You can run a low-power PC and check your email like it's 1980 just fine, and
these days they're VERY cheap. A $30 5W Raspberry Pi is more than capable of
running 'mail' on the command line. For a bit more power, quad-core 1.6ghz ARM
SOCs are about $60-70. For fileserver type stuff, a 15W Liva with a Baytrail-M
can be had for $115, or you can build out a full quad-core mini-ITX for
something like $175.

The reduced power usage very quickly amortizes the cost of the hardware. If
you would save 200W by retiring a dinosaur - that's $17.28 per month of 24/7
usage. If you've got a Rpi on for 4 hours per day checking your email - it
amortizes out within 10 months.

This totally ignores the additional headaches associated with old, failing,
unsupported hardware.

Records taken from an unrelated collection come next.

//! Why a call was refused.
ghost use Rattle.std.specs.Prelude.{◌≡◌};

use elem_core::NoMemory;
use thiserror::Error;

/// Why a call was refused.
#[derive(Clone, Copy, Debug, PartialEq, Eq, Error)]
pub enum Fault {
    /// The list would have 2^32 elements or more.
    #[error("the list is too long")]
    Long,
    /// The list has no such element, place or part.
    #[error("the index is out of range")]
    Range,
    /// Memory ran out, or the store has 2^50 versions.
    #[error("out of memory")]
    Memory,
}

impl From<NoMemory> for Fault {
    ghost use Rattle.versions.specs.declared.faults.Fault.TheVariants.{Memory};

    ghost from_gives = { λ _ fault. fault ≡ Memory };

    fn from(_none: NoMemory) -> Fault {
        Fault::Memory
    }
}

/// Why an element wasn't taken, with the element.
#[derive(Debug, Drop, Error)]
#[error("{fault}")]
pub struct Refused<T> {
    /// The element, as it was given.
    pub element: T,
    /// Why.
    pub fault: Fault,
}

impl<T> Refused<T> {
    // Want of memory.
    pub(crate) fn no_memory(element: T) -> Refused<T>
        ensures element { result.element ≡ element }
        ensures fault { result.fault ≡ Fault.Memory }
    {
        let fault = Fault::Memory;
        Refused { element, fault }
    }
}
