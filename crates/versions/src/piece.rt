//! What the cells of a store of maps hold: a key or a value.
ghost use Rattle.std.specs.Prelude.{◌≡◌, option_copied};
ghost use Rattle.versions.specs.Pieces.{piece_value};

use elem_core::{Code, Element, Probe};
use std::cmp::Ordering;

/// A key or a value. All keys come before all values.
#[derive(Drop, PartialEq, Eq, PartialOrd, Ord)]
pub enum Piece<K, V> {
    /// A key.
    Key(K),
    /// A value.
    Value(V),
}

impl<K, V> Piece<K, V> {
    /// The value, and none of a key.
    pub fn as_value(&self) -> Option<&V>
        ensures { option_copied result ≡ piece_value self.now }
    {
        match self {
            Piece::Key(_) => None,
            Piece::Value(value) => Some(value),
        }
    }
}

impl<K: Element, V: Ord + Drop> Element for Piece<K, V> {
    ghost use Rattle.std.specs.Prelude.{refl};
    ghost use Rattle.versions.specs.Pieces.{piece_code, piece-codes};

    ghost code_of = { piece_code K.code_of };

    // No value is looked for by its code.
    fn code(&self) -> Code {
        match self {
            Piece::Key(key) => key.code(),
            Piece::Value(_) => 0,
        }
    }

    ghost equal_codes = { piece-codes Self.cmp K.cmp V.cmp K.code_of (record { keys = λ a b. refl; before = λ a w. refl; after = λ v b. refl; values = λ v w. refl }) K.equal_codes };
}

/// Looks for a key as the probe does.
pub struct KeyOf<'p, P>(pub &'p P);

impl<P> Drop for KeyOf<'_, P> {
    fn drop(self) {
        let KeyOf(_) = self;
    }
}

impl<K: Element, V: Ord + Drop, P: Probe<K>> Probe<Piece<K, V>> for KeyOf<'_, P> {
    ghost use Rattle.versions.specs.declared.piece.Piece.TheVariants.{Key};

    ghost stands_for = { λ probe. Key (P.stands_for probe.0.now) };

    fn code(&self) -> Code {
        self.0.code()
    }

    fn order(&self, other: &Piece<K, V>) -> Ordering {
        match other {
            Piece::Key(key) => self.0.order(key),
            Piece::Value(_) => Ordering::Less,
        }
    }
}
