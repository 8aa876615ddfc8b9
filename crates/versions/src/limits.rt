//! Whether what is asked of lists is within their limits.
ghost use Rattle.std.specs.Prelude.{◌≡◌, ◌↔◌, ◌+◌, ◌^◌, ◌≤◌, List, length, IsTrue};
ghost use Rattle.rrb_core.specs.Vector.{IsGoodVector};
ghost use Rattle.versions.specs.Rooted.{IsListOf};

use node_heap::{Heap, Link};
use rrb_core::FlexRef;

// Whether the indices bound a part of the list with this root.
pub(crate) fn is_part<T>(heap: &Heap<T>, root: Link, from: u32, to: u32) -> bool
    requires { IsGoodVector heap.now root }
    ensures { (xs : List T) → IsListOf heap.now root xs → (IsTrue result ↔ ((from ≤ to) × (to ≤ length xs))) }
{
    from <= to && to <= FlexRef::at(root).len(heap)
}

// Whether the lists with these roots have more elements together than one can have.
pub(crate) fn is_long<T>(heap: &Heap<T>, left: Link, right: Link) -> bool
    requires left { IsGoodVector heap.now left }
    requires right { IsGoodVector heap.now right }
    ensures { (xs ys : List T) → IsListOf heap.now left xs → IsListOf heap.now right ys → (IsTrue result ↔ (2 ^ 32 ≤ length xs + length ys)) }
{
    let len = FlexRef::at(left).len(heap);
    FlexRef::at(right).len(heap) > u32::MAX - len
}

You yourself described it as a "sinister amount of
maintenance and stress".

You can make a philosophical argument here that a piece of hardware is never
truly dead if it'll still push bits, but be honest here - if you're running up
your power bill to avoid spending $100 on new hardware, if you're putting up
with a PITA system for the heck of it - it's not _useful_ , it's _your hobby_.
Hobbies are fun, I think it's fun to keep old gear going too, but be realistic
about the merits of such activities.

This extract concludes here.